_Problem to work on_
Exactly reproduce each entry, leaving out nothing.

(Records for the task)

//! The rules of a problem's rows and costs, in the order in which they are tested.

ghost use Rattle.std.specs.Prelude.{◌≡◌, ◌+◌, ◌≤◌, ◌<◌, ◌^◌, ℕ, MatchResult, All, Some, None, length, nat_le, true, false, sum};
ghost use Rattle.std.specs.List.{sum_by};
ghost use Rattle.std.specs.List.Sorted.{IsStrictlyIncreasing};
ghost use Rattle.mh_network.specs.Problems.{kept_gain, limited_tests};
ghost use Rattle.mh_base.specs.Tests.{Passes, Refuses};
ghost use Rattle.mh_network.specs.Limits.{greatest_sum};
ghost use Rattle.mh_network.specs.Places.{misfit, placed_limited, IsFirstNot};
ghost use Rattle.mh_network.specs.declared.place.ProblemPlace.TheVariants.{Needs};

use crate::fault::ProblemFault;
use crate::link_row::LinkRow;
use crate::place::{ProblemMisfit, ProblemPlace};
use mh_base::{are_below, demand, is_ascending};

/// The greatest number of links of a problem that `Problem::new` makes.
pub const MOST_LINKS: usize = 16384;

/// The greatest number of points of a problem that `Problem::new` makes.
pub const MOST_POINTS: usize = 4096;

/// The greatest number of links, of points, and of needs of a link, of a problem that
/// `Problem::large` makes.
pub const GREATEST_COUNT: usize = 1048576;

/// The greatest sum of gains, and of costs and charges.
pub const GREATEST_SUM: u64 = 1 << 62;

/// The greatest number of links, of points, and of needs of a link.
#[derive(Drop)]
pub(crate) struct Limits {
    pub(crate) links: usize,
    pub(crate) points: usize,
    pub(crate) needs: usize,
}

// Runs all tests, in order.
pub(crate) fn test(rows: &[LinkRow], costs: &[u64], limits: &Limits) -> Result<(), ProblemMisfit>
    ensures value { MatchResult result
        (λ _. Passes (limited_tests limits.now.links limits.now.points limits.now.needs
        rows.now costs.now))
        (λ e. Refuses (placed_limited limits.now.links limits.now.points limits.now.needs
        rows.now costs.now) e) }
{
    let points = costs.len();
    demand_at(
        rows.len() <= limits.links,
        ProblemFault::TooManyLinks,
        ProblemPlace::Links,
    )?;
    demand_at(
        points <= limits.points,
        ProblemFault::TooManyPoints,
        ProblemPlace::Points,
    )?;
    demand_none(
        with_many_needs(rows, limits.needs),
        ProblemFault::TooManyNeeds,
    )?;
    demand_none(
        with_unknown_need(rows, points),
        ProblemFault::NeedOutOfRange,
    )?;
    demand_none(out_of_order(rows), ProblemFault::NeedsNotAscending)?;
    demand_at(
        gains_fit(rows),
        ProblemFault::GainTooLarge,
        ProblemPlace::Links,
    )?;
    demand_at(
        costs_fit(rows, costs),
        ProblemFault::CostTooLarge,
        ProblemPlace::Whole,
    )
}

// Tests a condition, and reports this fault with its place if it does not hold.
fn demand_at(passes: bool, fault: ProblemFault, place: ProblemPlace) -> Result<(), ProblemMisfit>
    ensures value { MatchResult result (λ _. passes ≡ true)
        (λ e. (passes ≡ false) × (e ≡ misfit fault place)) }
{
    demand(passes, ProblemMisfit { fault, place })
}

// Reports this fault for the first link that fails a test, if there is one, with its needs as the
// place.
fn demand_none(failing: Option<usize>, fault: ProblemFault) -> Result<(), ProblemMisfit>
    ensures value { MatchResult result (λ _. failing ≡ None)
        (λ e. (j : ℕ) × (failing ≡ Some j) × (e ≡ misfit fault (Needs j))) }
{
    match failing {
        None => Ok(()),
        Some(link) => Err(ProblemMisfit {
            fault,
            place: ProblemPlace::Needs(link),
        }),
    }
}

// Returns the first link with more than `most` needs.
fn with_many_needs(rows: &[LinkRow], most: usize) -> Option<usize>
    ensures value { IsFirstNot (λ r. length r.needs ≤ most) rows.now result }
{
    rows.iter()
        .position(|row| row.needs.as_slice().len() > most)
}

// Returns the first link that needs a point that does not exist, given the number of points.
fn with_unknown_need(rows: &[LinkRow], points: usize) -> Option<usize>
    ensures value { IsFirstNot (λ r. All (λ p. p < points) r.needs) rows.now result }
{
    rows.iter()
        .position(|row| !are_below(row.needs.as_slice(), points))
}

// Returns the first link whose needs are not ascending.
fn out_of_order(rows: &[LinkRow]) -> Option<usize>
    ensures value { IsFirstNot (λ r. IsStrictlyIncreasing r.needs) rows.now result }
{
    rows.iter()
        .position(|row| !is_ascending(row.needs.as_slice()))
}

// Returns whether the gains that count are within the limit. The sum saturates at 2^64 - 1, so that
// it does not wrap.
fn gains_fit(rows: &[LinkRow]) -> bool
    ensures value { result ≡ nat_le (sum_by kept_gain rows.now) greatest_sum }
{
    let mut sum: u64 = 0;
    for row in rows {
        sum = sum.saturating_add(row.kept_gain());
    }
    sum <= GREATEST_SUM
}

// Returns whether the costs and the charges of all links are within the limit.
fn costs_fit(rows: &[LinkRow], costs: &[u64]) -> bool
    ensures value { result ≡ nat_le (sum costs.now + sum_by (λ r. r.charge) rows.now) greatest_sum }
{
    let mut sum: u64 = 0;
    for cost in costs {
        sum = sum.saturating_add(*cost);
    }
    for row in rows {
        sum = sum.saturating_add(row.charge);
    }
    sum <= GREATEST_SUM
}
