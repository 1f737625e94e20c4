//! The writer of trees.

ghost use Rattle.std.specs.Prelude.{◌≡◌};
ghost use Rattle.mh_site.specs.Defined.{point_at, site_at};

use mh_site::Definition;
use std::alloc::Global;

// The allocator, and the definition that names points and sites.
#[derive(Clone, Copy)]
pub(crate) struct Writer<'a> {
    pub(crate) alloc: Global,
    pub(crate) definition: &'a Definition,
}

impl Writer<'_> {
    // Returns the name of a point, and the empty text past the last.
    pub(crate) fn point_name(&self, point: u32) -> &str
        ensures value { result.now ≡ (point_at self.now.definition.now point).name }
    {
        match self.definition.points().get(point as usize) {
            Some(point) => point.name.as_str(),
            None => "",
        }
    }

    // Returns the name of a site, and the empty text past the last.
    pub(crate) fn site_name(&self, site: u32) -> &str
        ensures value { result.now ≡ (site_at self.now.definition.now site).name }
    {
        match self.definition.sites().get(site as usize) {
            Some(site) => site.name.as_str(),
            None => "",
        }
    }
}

(End Records for the task)

_Output of the exercise_
//! The rules of a problem's rows and costs, in the order in which they are tested.

ghost use Rattle.std.specs.Prelude.{◌≡◌, ◌+◌, ◌≤◌, ◌<◌, ◌^◌, ℕ, MatchResult, All, Some, None, length, nat_le, true, false, sum};
ghost use Rattle.std.specs.List.{sum_by};
ghost use Rattle.std.specs.List.Sorted.{IsStrictlyIncreasing};
ghost use Rattle.mh_network.specs.Problems.{kept_gain, limited_tests};
ghost use Rattle.mh_base.specs.Tests.{Passes, Refuses};
ghost use Rattle.mh_network.specs.Limits.{greatest_sum};
ghost use Rattle.mh_network.specs.Places.{misfit, placed_limited, IsFirstNot};
ghost use Rattle.mh_network.specs.declared.place.ProblemPlace.TheVariants.{Needs};

use crate::fault::ProblemFault;
use crate::link_row::LinkRow;
use crate::place::{ProblemMisfit, ProblemPlace};
use mh_base::{are_below, demand, is_ascending};

/// The greatest number of links of a problem that `Problem::new` makes.
pub const MOST_LINKS: usize = 16384;

/// The greatest number of points of a problem that `Problem::new` makes.
pub const MOST_POINTS: usize = 4096;

/// The greatest number of links, of points, and of needs of a link, of a problem that
/// `Problem::large` makes.
pub const GREATEST_COUNT: usize = 1048576;

/// The greatest sum of gains, and of costs and charges.
pub const GREATEST_SUM: u64 = 1 << 62;

/// The greatest number of links, of points, and of needs of a link.
#[derive(Drop)]
pub(crate) struct Limits {
    pub(crate) links: usize,
    pub(crate) points: usize,
    pub(crate) needs: usize,
}

// Runs all tests, in order.
pub(crate) fn test(rows: &[LinkRow], costs: &[u64], limits: &Limits) -> Result<(), ProblemMisfit>
    ensures value { MatchResult result
        (λ _. Passes (limited_tests limits.now.links limits.now.points limits.now.needs
        rows.now costs.now))
        (λ e. Refuses (placed_limited limits.now.links limits.now.points limits.now.needs
        rows.now costs.now) e) }
{
    let points = costs.len();
    demand_at(
        rows.len() <= limits.links,
        ProblemFault::TooManyLinks,
        ProblemPlace::Links,
    )?;
    demand_at(
        points <= limits.points,
        ProblemFault::TooManyPoints,
        ProblemPlace::Points,
    )?;
    demand_none(
        with_many_needs(rows, limits.needs),
        ProblemFault::TooManyNeeds,
    )?;
    demand_none(
        with_unknown_need(rows, points),
        ProblemFault::NeedOutOfRange,
    )?;
    demand_none(out_of_order(rows), ProblemFault::NeedsNotAscending)?;
    demand_at(
        gains_fit(rows),
        ProblemFault::GainTooLarge,
        ProblemPlace::Links,
    )?;
    demand_at(
        costs_fit(rows, costs),
        ProblemFault::CostTooLarge,
        ProblemPlace::Whole,
    )
}

// Tests a condition, and reports this fault with its place if it does not hold.
fn demand_at(passes: bool, fault: ProblemFault, place: ProblemPlace) -> Result<(), ProblemMisfit>
    ensures value { MatchResult result (λ _. passes ≡ true)
        (λ e. (passes ≡ false) × (e ≡ misfit fault place)) }
{
    demand(passes, ProblemMisfit { fault, place })
}

// Reports this fault for the first link that fails a test, if there is one, with its needs as the
// place.
fn demand_none(failing: Option<usize>, fault: ProblemFault) -> Result<(), ProblemMisfit>
    ensures value { MatchResult result (λ _. failing ≡ None)
        (λ e. (j : ℕ) × (failing ≡ Some j) × (e ≡ misfit fault (Needs j))) }
{
    match failing {
        None => Ok(()),
        Some(link) => Err(ProblemMisfit {
            fault,
            place: ProblemPlace::Needs(link),
        }),
    }
}

// Returns the first link with more than `most` needs.
fn with_many_needs(rows: &[LinkRow], most: usize) -> Option<usize>
    ensures value { IsFirstNot (λ r. length r.needs ≤ most) rows.now result }
{
    rows.iter()
        .position(|row| row.needs.as_slice().len() > most)
}

// Returns the first link that needs a point that does not exist, given the number of points.
fn with_unknown_need(rows: &[LinkRow], points: usize) -> Option<usize>
    ensures value { IsFirstNot (λ r. All (λ p. p < points) r.needs) rows.now result }
{
    rows.iter()
        .position(|row| !are_below(row.needs.as_slice(), points))
}

// Returns the first link whose needs are not ascending.
fn out_of_order(rows: &[LinkRow]) -> Option<usize>
    ensures value { IsFirstNot (λ r. IsStrictlyIncreasing r.needs) rows.now result }
{
    rows.iter()
        .position(|row| !is_ascending(row.needs.as_slice()))
}

// Returns whether the gains that count are within the limit. The sum saturates at 2^64 - 1, so that
// it does not wrap.
fn gains_fit(rows: &[LinkRow]) -> bool
    ensures value { result ≡ nat_le (sum_by kept_gain rows.now) greatest_sum }
{
    let mut sum: u64 = 0;
    for row in rows {
        sum = sum.saturating_add(row.kept_gain());
    }
    sum <= GREATEST_SUM
}

// Returns whether the costs and the charges of all links are within the limit.
fn costs_fit(rows: &[LinkRow], costs: &[u64]) -> bool
    ensures value { result ≡ nat_le (sum costs.now + sum_by (λ r. r.charge) rows.now) greatest_sum }
{
    let mut sum: u64 = 0;
    for cost in costs {
        sum = sum.saturating_add(*cost);
    }
    for row in rows {
        sum = sum.saturating_add(row.charge);
    }
    sum <= GREATEST_SUM
}
repository 1f737625e94e20c4
//! The writer of trees.

ghost use Rattle.std.specs.Prelude.{◌≡◌};
ghost use Rattle.mh_site.specs.Defined.{point_at, site_at};

use mh_site::Definition;
use std::alloc::Global;

// The allocator, and the definition that names points and sites.
#[derive(Clone, Copy)]
pub(crate) struct Writer<'a> {
    pub(crate) alloc: Global,
    pub(crate) definition: &'a Definition,
}

impl Writer<'_> {
    // Returns the name of a point, and the empty text past the last.
    pub(crate) fn point_name(&self, point: u32) -> &str
        ensures value { result.now ≡ (point_at self.now.definition.now point).name }
    {
        match self.definition.points().get(point as usize) {
            Some(point) => point.name.as_str(),
            None => "",
        }
    }

    // Returns the name of a site, and the empty text past the last.
    pub(crate) fn site_name(&self, site: u32) -> &str
        ensures value { result.now ≡ (site_at self.now.definition.now site).name }
    {
        match self.definition.sites().get(site as usize) {
            Some(site) => site.name.as_str(),
            None => "",
        }
    }
}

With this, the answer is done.